Supplied material ::
------------

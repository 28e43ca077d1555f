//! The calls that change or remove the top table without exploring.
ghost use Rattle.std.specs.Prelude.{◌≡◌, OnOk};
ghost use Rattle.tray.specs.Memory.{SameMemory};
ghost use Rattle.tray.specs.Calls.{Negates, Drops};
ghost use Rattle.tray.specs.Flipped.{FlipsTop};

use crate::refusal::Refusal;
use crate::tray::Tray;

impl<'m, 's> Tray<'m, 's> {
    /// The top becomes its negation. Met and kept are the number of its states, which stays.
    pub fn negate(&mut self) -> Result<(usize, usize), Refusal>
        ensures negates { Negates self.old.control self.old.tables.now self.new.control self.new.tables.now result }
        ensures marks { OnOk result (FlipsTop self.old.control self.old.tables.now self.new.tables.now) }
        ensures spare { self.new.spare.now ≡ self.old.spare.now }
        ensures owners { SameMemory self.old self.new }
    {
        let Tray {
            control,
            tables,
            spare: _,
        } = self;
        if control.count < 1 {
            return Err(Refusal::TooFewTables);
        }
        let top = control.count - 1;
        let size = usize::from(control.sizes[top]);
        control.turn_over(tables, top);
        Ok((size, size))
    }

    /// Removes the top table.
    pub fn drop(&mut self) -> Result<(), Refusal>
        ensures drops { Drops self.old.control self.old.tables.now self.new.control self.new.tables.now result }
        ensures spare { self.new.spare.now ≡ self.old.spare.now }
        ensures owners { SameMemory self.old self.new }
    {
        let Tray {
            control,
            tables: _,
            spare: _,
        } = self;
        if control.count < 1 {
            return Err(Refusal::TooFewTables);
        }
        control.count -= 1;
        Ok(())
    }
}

------------

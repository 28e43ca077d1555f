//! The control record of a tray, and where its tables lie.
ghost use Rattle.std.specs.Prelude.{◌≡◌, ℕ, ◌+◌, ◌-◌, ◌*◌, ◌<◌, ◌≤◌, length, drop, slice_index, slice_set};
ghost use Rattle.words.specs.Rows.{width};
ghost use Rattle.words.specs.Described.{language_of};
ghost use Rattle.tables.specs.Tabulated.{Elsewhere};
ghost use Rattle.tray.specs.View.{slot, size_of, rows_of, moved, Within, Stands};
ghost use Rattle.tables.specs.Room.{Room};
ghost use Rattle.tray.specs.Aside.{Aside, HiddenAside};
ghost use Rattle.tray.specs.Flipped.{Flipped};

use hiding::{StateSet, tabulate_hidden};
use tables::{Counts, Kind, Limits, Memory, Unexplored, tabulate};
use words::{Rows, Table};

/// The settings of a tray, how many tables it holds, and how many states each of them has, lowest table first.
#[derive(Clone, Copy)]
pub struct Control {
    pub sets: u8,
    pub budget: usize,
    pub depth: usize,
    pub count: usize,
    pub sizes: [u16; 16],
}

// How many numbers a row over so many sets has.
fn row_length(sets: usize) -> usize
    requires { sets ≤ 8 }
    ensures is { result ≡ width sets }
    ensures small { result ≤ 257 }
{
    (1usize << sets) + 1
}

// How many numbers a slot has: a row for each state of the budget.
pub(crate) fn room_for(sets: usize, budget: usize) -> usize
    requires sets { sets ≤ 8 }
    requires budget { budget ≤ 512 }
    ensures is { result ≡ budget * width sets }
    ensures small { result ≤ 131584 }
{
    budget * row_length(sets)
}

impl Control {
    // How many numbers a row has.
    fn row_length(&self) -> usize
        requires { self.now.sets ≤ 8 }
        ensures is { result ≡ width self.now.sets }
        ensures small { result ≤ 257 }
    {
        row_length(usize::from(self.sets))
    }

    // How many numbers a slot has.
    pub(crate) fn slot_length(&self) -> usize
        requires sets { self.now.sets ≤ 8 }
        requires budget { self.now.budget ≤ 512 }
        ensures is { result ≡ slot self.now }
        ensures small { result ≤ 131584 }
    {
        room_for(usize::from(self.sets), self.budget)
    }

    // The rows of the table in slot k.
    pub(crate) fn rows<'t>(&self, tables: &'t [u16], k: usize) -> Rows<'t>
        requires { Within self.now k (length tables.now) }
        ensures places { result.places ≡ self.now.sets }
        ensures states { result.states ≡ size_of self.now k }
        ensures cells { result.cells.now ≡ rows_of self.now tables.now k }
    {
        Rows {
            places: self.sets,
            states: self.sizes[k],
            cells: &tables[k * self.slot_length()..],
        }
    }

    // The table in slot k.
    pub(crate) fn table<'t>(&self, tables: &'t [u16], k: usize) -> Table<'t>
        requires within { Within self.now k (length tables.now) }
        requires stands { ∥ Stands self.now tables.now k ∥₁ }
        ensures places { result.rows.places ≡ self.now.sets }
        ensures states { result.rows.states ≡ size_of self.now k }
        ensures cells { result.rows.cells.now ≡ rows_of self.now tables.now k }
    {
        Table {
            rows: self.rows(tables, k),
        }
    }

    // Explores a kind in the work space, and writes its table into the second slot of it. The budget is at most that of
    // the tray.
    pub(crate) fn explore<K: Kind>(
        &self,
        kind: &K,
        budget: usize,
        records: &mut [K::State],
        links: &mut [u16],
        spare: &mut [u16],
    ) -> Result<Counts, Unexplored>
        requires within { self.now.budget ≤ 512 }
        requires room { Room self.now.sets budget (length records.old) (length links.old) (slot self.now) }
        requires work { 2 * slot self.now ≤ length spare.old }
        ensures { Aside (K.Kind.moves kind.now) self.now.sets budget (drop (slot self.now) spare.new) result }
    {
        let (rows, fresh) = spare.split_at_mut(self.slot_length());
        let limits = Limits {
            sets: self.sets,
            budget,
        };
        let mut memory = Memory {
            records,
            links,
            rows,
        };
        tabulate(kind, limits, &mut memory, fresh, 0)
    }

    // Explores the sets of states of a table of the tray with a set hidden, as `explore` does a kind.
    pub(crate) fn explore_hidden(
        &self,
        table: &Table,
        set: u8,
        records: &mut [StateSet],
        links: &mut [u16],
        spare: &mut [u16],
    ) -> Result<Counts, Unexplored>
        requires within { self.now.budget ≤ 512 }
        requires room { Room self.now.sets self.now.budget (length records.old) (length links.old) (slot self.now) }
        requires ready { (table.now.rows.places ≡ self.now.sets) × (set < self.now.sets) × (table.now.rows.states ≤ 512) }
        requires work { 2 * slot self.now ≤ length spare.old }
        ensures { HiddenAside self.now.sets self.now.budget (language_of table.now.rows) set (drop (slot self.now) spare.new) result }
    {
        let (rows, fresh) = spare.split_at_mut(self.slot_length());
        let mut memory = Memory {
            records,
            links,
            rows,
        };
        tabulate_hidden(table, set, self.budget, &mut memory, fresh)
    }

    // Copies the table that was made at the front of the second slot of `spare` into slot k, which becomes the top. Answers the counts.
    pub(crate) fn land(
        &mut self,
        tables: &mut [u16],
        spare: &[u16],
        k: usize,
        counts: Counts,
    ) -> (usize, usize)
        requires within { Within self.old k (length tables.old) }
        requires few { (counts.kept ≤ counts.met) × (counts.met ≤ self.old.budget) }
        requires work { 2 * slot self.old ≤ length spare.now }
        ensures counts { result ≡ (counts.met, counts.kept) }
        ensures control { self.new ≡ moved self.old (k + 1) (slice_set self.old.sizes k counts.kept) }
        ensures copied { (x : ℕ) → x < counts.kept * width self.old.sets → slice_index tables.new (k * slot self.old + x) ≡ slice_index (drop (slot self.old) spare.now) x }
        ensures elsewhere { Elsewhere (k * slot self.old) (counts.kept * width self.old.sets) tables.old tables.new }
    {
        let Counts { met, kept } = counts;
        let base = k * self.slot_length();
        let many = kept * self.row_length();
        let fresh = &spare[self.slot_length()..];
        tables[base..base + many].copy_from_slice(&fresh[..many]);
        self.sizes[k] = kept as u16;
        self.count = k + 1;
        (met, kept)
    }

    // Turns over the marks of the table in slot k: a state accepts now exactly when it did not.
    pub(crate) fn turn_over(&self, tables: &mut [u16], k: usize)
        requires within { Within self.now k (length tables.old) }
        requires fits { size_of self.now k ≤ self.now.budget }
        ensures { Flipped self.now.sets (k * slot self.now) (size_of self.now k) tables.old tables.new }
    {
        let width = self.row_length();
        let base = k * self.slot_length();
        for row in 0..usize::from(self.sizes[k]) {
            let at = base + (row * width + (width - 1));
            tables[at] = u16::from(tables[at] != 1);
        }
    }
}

------------

Work order :: Scan the data above and copy every line with "marks" in it.

Exercise output ::
        ensures marks { OnOk result (FlipsTop self.old.control self.old.tables.now self.new.tables.now) }
    // Turns over the marks of the table in slot k: a state accepts now exactly when it did not.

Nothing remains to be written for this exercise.